There are a number of things you should consider before undertaking the challenging migration to IP. For instance, determine if a total conversion to TCP/IP is really your goal. Perhaps a mixed environment is acceptable, with TCP/IP as the only protocol running on the network's backbone. If your intention is to eliminate IPX traffic on the backbone, the work will be done at the server level.

Preparing for the Migration Before you begin to make this shift, take a look at the applications that are used on your network. Do some require IPX? For most applications that are not NetWare-aware, it makes no difference what protocol is used on the clients, but a few applications are dependent on certain protocols. For example, Novell's RCONSOLE must use IPX/SPX to communicate with the server. Therefore, in an IP-only network, the application must be either upgraded or eliminated. A Migration Agent will let applications such as RCONSOLE run on an IP network, but to have a pure IP network, these applications must be replaced. In the case of RCONSOLE, there also is a Java version using IP that ships with NetWare 5.

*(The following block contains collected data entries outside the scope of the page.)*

// Byte sources: where the bytes of a property list come from.
#![tactic(auto)]

pub mod buffers;
pub mod decks;
pub mod drains;
pub mod faults;
pub mod repeats;
pub mod slices;
pub mod sources;
pub mod stacks;
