// A source that gives one byte many times and holds it once, for tests and scripts.
ghost use Rattle.std.specs.Prelude.{◌≡◌};
ghost use Rattle.source.specs.Endings.{at_end};
ghost use Rattle.source.specs.Repeats.{copies, repeated_bytes, repeated_ending};

use crate::sources::{ByteSource, Fault};

#[derive(Drop)]
pub struct Repeated {
    byte: u8,
    left: u64,
}

impl Repeated {
    pub fn new(byte: u8, count: u64) -> Repeated
        ensures bytes { repeated_bytes result ≡ copies count byte }
        ensures ending { repeated_ending result ≡ at_end }
    {
        Repeated { byte, left: count }
    }
}

impl ByteSource for Repeated {
    ghost bytes = { repeated_bytes };

    ghost ending = { repeated_ending };

    #[tactic(auto, unfolding(crate::specs::Repeats::copies))]
    fn next(&mut self) -> Result<Option<u8>, Fault> {
        if self.left == 0 {
            return Ok(None);
        }
        self.left -= 1;
        Ok(Some(self.byte))
    }
}
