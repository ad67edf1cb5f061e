#![tactic(auto)]
// Images read back: whether bytes are one tree's records, and where each record's children are.
ghost use Rattle.std.specs.Prelude.{◌≡◌, ◌≤◌, length, replicate};
ghost use Rattle.images.specs.Images.{needed as needed-for, ReadsBack};
ghost use Rattle.images.specs.Inner.{refusal_at, Whole};

mod asks; // what a record asks of its fields, its text and its children
mod fields; // an answer in 02's numbers
mod parts; // a record's payload by its layout
mod records; // one record more
mod roots; // the row of open roots
mod sorts; // what a record is, by its tag
mod texts; // names, numbers and texts

use crate::records::{Wrong, record};
use crate::sorts::{Sort, is};
pub use fields::{Fields, numbers};
pub use parts::number;

// Why an image is refused, at which record's offset; or that the array is too short. 02's numbers stand beside the cases.
#[derive(Clone, Copy, Debug, PartialEq, Eq)]
pub enum Fault {
    Unknown(usize), // 13: unknown tag
    Malformed(usize), // 14: wrong length, flag or enum byte
    Children(usize), // 15: children missing or left over
    Underived(usize), // 16: a text, a name, a shape, a root or a span that no derivation gives
    Short(usize), // 24: the array is too short; the count of numbers needed
}

// What becomes of an image: accepted, with the number of records (0), or refused.
pub type Answer = Result<usize, Fault>;

// What a refusal leaves in an array that was lent: zeros.
pub fn clear(links: &mut [usize])
    ensures { links.new ≡ replicate (length links.old) 0 }
{
    links.fill(0);
}

fn refused(wrong: Wrong, at: usize) -> Fault
    ensures { result ≡ refusal_at wrong at }
{
    match wrong {
        Wrong::Unknown => Fault::Unknown(at),
        Wrong::Malformed => Fault::Malformed(at),
        Wrong::Missing => Fault::Children(at),
        Wrong::Underived => Fault::Underived(at),
    }
}

// The records one after the other, their links in the array.
fn walk(bytes: &[u8], links: &mut [usize]) -> Answer
    requires { needed-for bytes.now ≤ length links.old }
    ensures { Whole bytes.now (length links.old) result links.new }
{
    let mut at = 0;
    let mut n = 0;
    let mut standing = 0;
    let mut age = None;
    while at < bytes.len() {
        let next = match record(bytes, links, at, n, standing, age) {
            Ok(next) => next,
            Err(wrong) => return Err(refused(wrong, at)),
        };
        links[n * 2] = at;
        links[n * 2 + 1] = next.first;
        n += 1;
        at = next.end;
        standing = next.standing;
        age = next.age;
    }
    if standing != 1 {
        return Err(Fault::Children(at));
    }
    let last = links[n * 2 - 2];
    if !is(bytes[last], Sort::Expression) {
        return Err(Fault::Underived(last));
    }
    Ok(n)
}

// An image read back, and for each of its records, in the lent array, its offset and the number of the first record of its own tree.
pub fn back(bytes: &[u8], links: &mut [usize]) -> Answer
    ensures { ReadsBack bytes.now (length links.old) result links.new }
{
    let needed = bytes.len() / 3 * 2;
    if links.len() < needed {
        clear(links);
        return Err(Fault::Short(needed));
    }
    match walk(bytes, links) {
        Ok(n) => {
            clear(&mut links[n * 2..]);
            Ok(n)
        }
        Err(fault) => {
            clear(links);
            Err(fault)
        }
    }
}
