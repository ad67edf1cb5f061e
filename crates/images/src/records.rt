// One record more: its bytes, its children, and what it asks of them.
ghost use Rattle.std.specs.Prelude.{◌≡◌, true, List, ℕ, ◌+◌, ◌-◌, ◌≤◌, ◌<◌, length, get_or, map, drop};
ghost use Rattle.grammar.specs.Laid.{laid_out, part_of};
ghost use Rattle.grammar.specs.Layout.{layout_of};
ghost use Rattle.blocks.specs.Inside.{Says};
ghost use Rattle.images.specs.Inner.{tail_part, padded, Worded, text_code, Chain, Open, asks as asked_by, Lands, Checked, dates, age_code, dated_row, Extends, State, Stepped};

use crate::asks::{Text, asks, forward};
use crate::parts::{number, taken};
use crate::roots::Records;
use crate::texts::{is_name, is_number, is_utf8};
use grammar::layout::{Part, Row, layout};
use grammar::tags::Tag;

// Why no record can stand at a place.
#[derive(Clone, Copy, Debug, PartialEq, Eq)]
pub enum Wrong {
    Unknown,
    Malformed,
    Missing,
    Underived,
}

// Of a good record: where it ends, the first record of its tree, how many roots there are then, and the kind of infix records so far.
#[derive(Clone, Copy)]
pub struct Next {
    pub end: usize,
    pub first: usize,
    pub standing: usize,
    pub age: Option<Age>,
}

// The kind of infix records: old ones without the operator's span, new ones.
#[derive(Clone, Copy, Debug, PartialEq, Eq)]
pub enum Age {
    Old,
    New,
}

// Where the payload of a record ends, if it is there.
fn payload_end(bytes: &[u8], at: usize) -> Option<usize>
    requires { at < length bytes.now }
    ensures { Extends bytes.now at result }
{
    let left = bytes.len() - at;
    if left < 3 {
        return None;
    }
    let size = number(bytes, at + 1);
    if left - 3 < size {
        return None;
    }
    Some(at + 3 + size)
}

// The kind of infix records with this one: the first of them decides.
fn aged(tag: u8, size: usize, age: Option<Age>) -> Option<Age>
    ensures { age_code result ≡ dates tag size (age_code age) }
{
    if tag != Tag::INFIX {
        return age;
    }
    age.or(Some(if size == 1 { Age::Old } else { Age::New }))
}

// The parts of a record: an old infix record has the operator alone.
fn parts(tag: u8, row: Row, age: Option<Age>) -> &'static [Part]
    requires { laid_out (Some row) ≡ layout_of tag }
    ensures { padded (map part_of result.now) ≡ drop 1 (dated_row tag (age_code age)) }
{
    if tag == Tag::INFIX && age == Some(Age::Old) {
        &[Part::Below(20)]
    } else {
        row.parts
    }
}

// Whether the text at the end of a payload is of a kind.
fn worded(bytes: &[u8], end: usize, text: Text, size: usize) -> bool
    requires { (size ≤ end) × (end ≤ length bytes.now) }
    ensures { Says (Worded (text_code text) (tail_part size end bytes.now)) result }
{
    let words = &bytes[end - size..end];
    match text {
        Text::Free => true,
        Text::Number => is_number(words),
        Text::Utf8 => is_utf8(words),
        Text::Name => is_name(words),
        Text::Empty => words.is_empty(),
    }
}

// Where the children begin of a record whose bytes and children are there, if some derivation gives such a record.
fn checked(records: Records<'_>, tag: u8, end: usize, v: [usize; 6], from: usize) -> Option<usize>
    requires { ((asked_by tag v).fine ≡ true → Open records.bytes.now records.links.now from ((asked_by tag v).n3 + (asked_by tag v).n2 + (asked_by tag v).n1)) × ((asked_by tag v).size ≤ end) × (end ≤ length records.bytes.now) }
    ensures { ((tags : List ℕ) → Chain records.entry.bytes.now records.entry.links.now from tags → ((asked_by tag v).fine ≡ true → (asked_by tag v).n3 + (asked_by tag v).n2 + (asked_by tag v).n1 ≤ length tags) → Checked records.entry.bytes.now records.entry.links.now tag end v tags result) × Lands records.entry.links.now from ((asked_by tag v).n3 + ((asked_by tag v).n2 + (asked_by tag v).n1)) result }
{
    if !forward(v) {
        return None;
    }
    let asked = asks(tag, v)?;
    if !worded(records.bytes, end, asked.text, asked.size) {
        return None;
    }
    records.fit(from, asked)
}

// The record at a place, after so many records and so many roots.
pub(crate) fn record(
    bytes: &[u8],
    links: &[usize],
    at: usize,
    n: usize,
    standing: usize,
    age: Option<Age>,
) -> Result<Next, Wrong>
    requires { (State bytes.now links.now at n standing (age_code age)) × (at < length bytes.now) }
    ensures { (s : State bytes.now links.now at n standing (age_code age)) → Stepped bytes.now links.now at s.ts result }
{
    let tag = bytes[at];
    let row = layout(tag).ok_or(Wrong::Unknown)?;
    let end = payload_end(bytes, at).ok_or(Wrong::Malformed)?;
    let age = aged(tag, end - at - 3, age);
    let found = taken(bytes, at + 3, end, parts(tag, row, age)).ok_or(Wrong::Malformed)?;
    let children = row.children + found.children;
    if standing < children {
        return Err(Wrong::Missing);
    }
    let records = Records { bytes, links };
    let first = checked(records, tag, end, found.values, n).ok_or(Wrong::Underived)?;
    Ok(Next {
        end,
        first,
        standing: standing - children + 1,
        age,
    })
}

It may not be easy to tell if an application depends on IPX. If it uses SAP (Service Advertising Protocol) or Bindery scanning to locate services, it probably will not work in a pure IP environment. An application that uses only NCP (NetWare Core Protocol) to communicate with the servers should be able to work in an IP-only environment.

You also need to consider your printing environment. At the Computer-Aided Engineering (CAE) Center at the University of Wisconsin-Madison, we rely heavily on Hewlett-Packard Co.'s HP JetDirect cards to service our NetWare print queues. Some older versions of these cards are unable to support TCP/IP. Even with the newer versions, you must find a different way to move print jobs from the queue to the printer if you want to eliminate IPX traffic. This typically would be done with a program that can send jobs to the printer with the LPR protocol. Client workstations could print directly to the printers via LPR. If no LPR client exists for your workstations, you can install Unix Print Services for NetWare or move to NDPS (Novell Distributed Print Services) version 2 on your NetWare servers.

Finally, you need to inspect your network infrastructure. Check to see if your routers will support IP Multicast. With an all-TCP/IP network, NetWare will use the SLP (Service Location Protocol) to locate services. SLP, based on RFC 2165, uses multicast to discover SLP agents and services.